» **Problem**
Which lines in the records below contain the word "IfOk"? Report each of them.

» **The data**
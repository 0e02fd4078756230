//! What nodes send to one another.

ghost use Rattle.std.specs.Prelude.{◌≡◌, IfOk};

use crate::command::Copies;
use crate::reply::{Reply, Why};
use ring_math::{Bytes, FileId, FileIds, Id, Ids, OutOfMemory};
use std::alloc::Global;

// A record keeps each message that was sent, so the fields stand in an order that leaves no room between them, and small ones stand
// first: what lies unused before a field is moved with it.
const _: () = prove!(size_of::<Message>() == 64);

const _: () = prove!(size_of::<Envelope>() == 112);

/// A message, of one of twenty-two kinds. Hops are 0 to 65,535, attempts those of the joiner that a join belongs to.
#[derive(Drop)]
pub enum Message {
    Lookup {
        hops: u16,
        number: u64,
        origin: Id,
        key: Id,
    },
    LookupReply {
        number: u64,
        reply: Reply,
    },
    Insert {
        file: FileId,
        copies: Copies,
        hops: u16,
        number: u64,
        origin: Id,
        bytes: Bytes,
    },
    InsertReply {
        number: u64,
        reply: Reply,
    },
    Fetch {
        hops: u16,
        number: u64,
        origin: Id,
        file: FileId,
    },
    FetchReply {
        number: u64,
        reply: Reply,
    },
    JoinRequest {
        hops: u16,
        attempt: u32,
        joiner: Id,
    },
    /// The node that covers the joiner's identifier, and its leaves.
    JoinReply {
        attempt: u32,
        members: Ids,
    },
    JoinRefuse {
        attempt: u32,
        why: Why,
    },
    Probe {
        attempt: u32,
    },
    /// The probed node and its leaves.
    ProbeReply {
        attempt: u32,
        members: Ids,
    },
    /// The joiner asks to stand between these two.
    LeaseRequest {
        attempt: u32,
        left: Id,
        right: Id,
    },
    /// The lease, with the files and the tombstones that come with it.
    Grant {
        attempt: u32,
        manifest: FileIds,
        tombs: FileIds,
    },
    Deny {
        attempt: u32,
        why: Why,
    },
    /// A file that the joiner now keeps.
    Handover {
        file: FileId,
        bytes: Bytes,
    },
    Release {
        attempt: u32,
    },
    Confirm {
        attempt: u32,
    },
    /// The sender is ready.
    Announce,
    /// A copy of a file for one of the nodes closest to its key.
    Replicate {
        file: FileId,
        number: u64,
        origin: Id,
        bytes: Bytes,
    },
    ReplicaAck {
        number: u64,
        origin: Id,
        file: FileId,
    },
    Reclaim {
        hops: u16,
        number: u64,
        origin: Id,
        file: FileId,
    },
    ReclaimReply {
        number: u64,
        reply: Reply,
    },
}

/// A message to a node, as a step writes it.
#[derive(Drop)]
pub struct Outgoing {
    pub receiver: Id,
    pub message: Message,
}

/// A message on its way.
#[derive(Drop)]
pub struct Envelope {
    pub sender: Id,
    pub receiver: Id,
    /// The stamp of the entry that sent it.
    pub stamp: u64,
    pub message: Message,
}

impl Message {
    /// The same message, which shares the lists that this one names.
    pub fn copy(&self, alloc: Global) -> Result<Message, OutOfMemory>
        ensures { IfOk result (λ message. message ≡ self.now) }
    {
        Ok(match self {
            Message::Lookup {
                origin,
                key,
                number,
                hops,
            } => Message::Lookup {
                origin: *origin,
                key: *key,
                number: *number,
                hops: *hops,
            },
            Message::LookupReply { number, reply } => Message::LookupReply {
                number: *number,
                reply: reply.copy(alloc)?,
            },
            Message::Insert {
                file,
                copies,
                hops,
                number,
                origin,
                bytes,
            } => Message::Insert {
                file: *file,
                copies: *copies,
                hops: *hops,
                number: *number,
                origin: *origin,
                bytes: bytes.copy(alloc)?,
            },
            Message::InsertReply { number, reply } => Message::InsertReply {
                number: *number,
                reply: reply.copy(alloc)?,
            },
            Message::Fetch {
                origin,
                number,
                hops,
                file,
            } => Message::Fetch {
                origin: *origin,
                number: *number,
                hops: *hops,
                file: *file,
            },
            Message::FetchReply { number, reply } => Message::FetchReply {
                number: *number,
                reply: reply.copy(alloc)?,
            },
            Message::JoinRequest {
                joiner,
                attempt,
                hops,
            } => Message::JoinRequest {
                joiner: *joiner,
                attempt: *attempt,
                hops: *hops,
            },
            Message::JoinReply { attempt, members } => Message::JoinReply {
                attempt: *attempt,
                members: members.copy(alloc)?,
            },
            Message::JoinRefuse { attempt, why } => Message::JoinRefuse {
                attempt: *attempt,
                why: *why,
            },
            Message::Probe { attempt } => Message::Probe { attempt: *attempt },
            Message::ProbeReply { attempt, members } => Message::ProbeReply {
                attempt: *attempt,
                members: members.copy(alloc)?,
            },
            Message::LeaseRequest {
                attempt,
                left,
                right,
            } => Message::LeaseRequest {
                attempt: *attempt,
                left: *left,
                right: *right,
            },
            Message::Grant {
                attempt,
                manifest,
                tombs,
            } => Message::Grant {
                attempt: *attempt,
                manifest: manifest.copy(alloc)?,
                tombs: tombs.copy(alloc)?,
            },
            Message::Deny { attempt, why } => Message::Deny {
                attempt: *attempt,
                why: *why,
            },
            Message::Handover { file, bytes } => Message::Handover {
                file: *file,
                bytes: bytes.copy(alloc)?,
            },
            Message::Release { attempt } => Message::Release { attempt: *attempt },
            Message::Confirm { attempt } => Message::Confirm { attempt: *attempt },
            Message::Announce => Message::Announce,
            Message::Replicate {
                file,
                number,
                origin,
                bytes,
            } => Message::Replicate {
                file: *file,
                number: *number,
                origin: *origin,
                bytes: bytes.copy(alloc)?,
            },
            Message::ReplicaAck {
                origin,
                number,
                file,
            } => Message::ReplicaAck {
                origin: *origin,
                number: *number,
                file: *file,
            },
            Message::Reclaim {
                origin,
                number,
                hops,
                file,
            } => Message::Reclaim {
                origin: *origin,
                number: *number,
                hops: *hops,
                file: *file,
            },
            Message::ReclaimReply { number, reply } => Message::ReclaimReply {
                number: *number,
                reply: reply.copy(alloc)?,
            },
        })
    }
}

impl Envelope {
    /// The same envelope, which shares the lists that its message names.
    pub fn copy(&self, alloc: Global) -> Result<Envelope, OutOfMemory>
        ensures { IfOk result (λ envelope. envelope ≡ self.now) }
    {
        let message = self.message.copy(alloc)?;
        Ok(Envelope {
            sender: self.sender,
            receiver: self.receiver,
            stamp: self.stamp,
            message,
        })
    }
}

» **Exercise response**
ghost use Rattle.std.specs.Prelude.{◌≡◌, IfOk};
        ensures { IfOk result (λ message. message ≡ self.now) }
        ensures { IfOk result (λ envelope. envelope ≡ self.now) }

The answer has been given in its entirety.